Parse coalesced packets after keys of contained packet are discarded

[jmuecke]

I used quiche as QUIC client to contact a quic-go server.
The quic-go server sends an instant acknowledgment to the ClientHello, but then is slow to follow up the handshake and holds a large certificate.

Scenario:
The client correctly uses the estimated RTT to send probe packets in the form of Initials with PING frames.
Once the server continues to reply with the first batch of the Handshake packets (PKN: 0 and 1; Wireshark no 10, 11) after a long delay, these are acknowledged by quiche.
However, subsequent Handshake packets (PKN 2 and 3 of the server; Wireshark no 12, 14), are dropped by quiche.

Client log:

[2024-07-26T14:53:54.712689625Z TRACE quiche] 3f2d2ea78cab71732a6858b967c0293e3944b8dd dropped epoch 0 state
[2024-07-26T14:53:54.712960352Z TRACE quiche] 3f2d2ea78cab71732a6858b967c0293e3944b8dd dropped invalid packet
[2024-07-26T14:53:54.712977024Z TRACE quiche_apps::client] 0.0.0.0:51097: processed 1252 bytes
[2024-07-26T14:53:54.712993775Z TRACE quiche_apps::client] 0.0.0.0:51097: recv() would block
[2024-07-26T14:53:54.713008192Z TRACE quiche_apps::client] done reading
[2024-07-26T14:53:54.713065550Z TRACE quiche_apps::client] 0.0.0.0:51097 -> 193.167.100.100:443: done writing
[2024-07-26T14:53:54.713130532Z TRACE quiche_apps::client] 0.0.0.0:51097: got 1252 bytes
[2024-07-26T14:53:54.713158474Z TRACE quiche] 3f2d2ea78cab71732a6858b967c0293e3944b8dd dropped invalid packet
[2024-07-26T14:53:54.713174544Z TRACE quiche_apps::client] 0.0.0.0:51097: processed 1252 bytes
[2024-07-26T14:53:54.713191005Z TRACE quiche_apps::client] 0.0.0.0:51097: recv() would block
[2024-07-26T14:53:54.713205362Z TRACE quiche_apps::client] done reading
[2024-07-26T14:53:54.713232112Z TRACE quiche_apps::client] 0.0.0.0:51097 -> 193.167.100.100:443: done writing
[2024-07-26T14:53:54.714669187Z TRACE quiche_apps::client] 0.0.0.0:51097: got 1252 bytes

I believe the reason for dropping packets 12 and 14 is that they contain Initial ACKs, for which the keys have already been discarded (see client-server log: dropped epoch state).
quiche seems to drop the entire UDP datagram, which might contain additional QUIC packets.
Dropping the information requires an additional round trip, to detect and re-transmit the data (Wireshark no. 18, 20).

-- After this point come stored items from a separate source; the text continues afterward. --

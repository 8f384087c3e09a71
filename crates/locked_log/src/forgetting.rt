//! Records that are forgotten, under the lock.

ghost use Rattle.std.specs.Prelude.{◌≡◌, ◌≤◌, ◌⊎◌};
ghost use Rattle.locked_log.specs.Held.{held};
ghost use Rattle.locked_log.specs.States.{IsState, Lasts};
ghost use Rattle.locked_log.specs.Steps.{ForgetsHeld};
ghost use Rattle.store_seat.specs.Accounts.{IsOpen, IsSettled};
ghost use Rattle.store_step.specs.master.log_laws.Data.{durable_of};
ghost use Rattle.store_step.specs.master.master_state.Log.{log_of};

use crate::state::State;
use replica::Fleet;
use store_seat::{Naming, settled_to};

impl<F: Fleet, B: Naming> State<F, B> {
    /// Has the master forget the durable records below the first that a seat can still settle, but for the last 1,024
    /// of them at most. The result is how many records are forgotten then. It takes no memory.
    pub fn forget_held(&mut self) -> u64
        ensures forgets { ForgetsHeld (held F.state self.old) result (held F.state self.new) }
        ensures lasts { Lasts 0 (held F.state self.old) (held F.state self.new) }
        ensures valid { IsState (held F.state self.new) B.made }
    {
        let bound = self.bound();
        self.master.forget(bound);
        self.master.forgotten()
    }

    /// The place of the first durable record that a seat can still settle; without one, the durable count, or the first
    /// place that isn't forgotten and that has a cell, if that is higher.
    pub(crate) fn bound(&self) -> u64
        ensures settled { IsSettled self.now.start self.now.book self.now.master.knows.history result }
        ensures near { IsOpen self.now.book self.now.master.knows.history result
            ⊎ (durable_of (log_of self.now.master.knows) ≤ result) }
    {
        self.master.show_kept();
        let from = self.master.forgotten().max(self.row.start() as u64);
        let durable = self.master.durable();
        settled_to(self.master.history(), &self.book, from, durable)
    }
}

This can also be observed in Qlog. Here, the Handshake packets (PKN: 2 and 3) are missing.

Expected behavior:
Do not drop entire datagrams.
Since the header protection does not cover the long packet type and length fields, it should be possible to skip the contained Initial, but parse coalesced packets as long as the keys are available, which would render the client more efficient.

What do you think?

Attached is the pcap, qlog and client output.
quiche-coalesced-packets.pcapng.gz
client-3f2d2ea78cab71732a6858b967c0293e3944b8dd.qlog.gz
client-log.txt

[ghedo]

Sorry for the delay. I do agree this is an issue, and I made #1922 which I think should fix this. However I wasn't able to reproduce the issue in a test case yet.

[jmuecke]

Thanks! I think #1922 does not fully solve this.

Coalesced packets with changing/discarded keys can happen for any combination of coalesced packets.
This can happen with further with 0-RTT packets, which is handled in recv_single.

The remaining case would be a Handshake packet coalesced with a 1-RTT/short header packet. This is currently not handled by the change in #1922 and does not seem to be handled anywhere else in recv_single.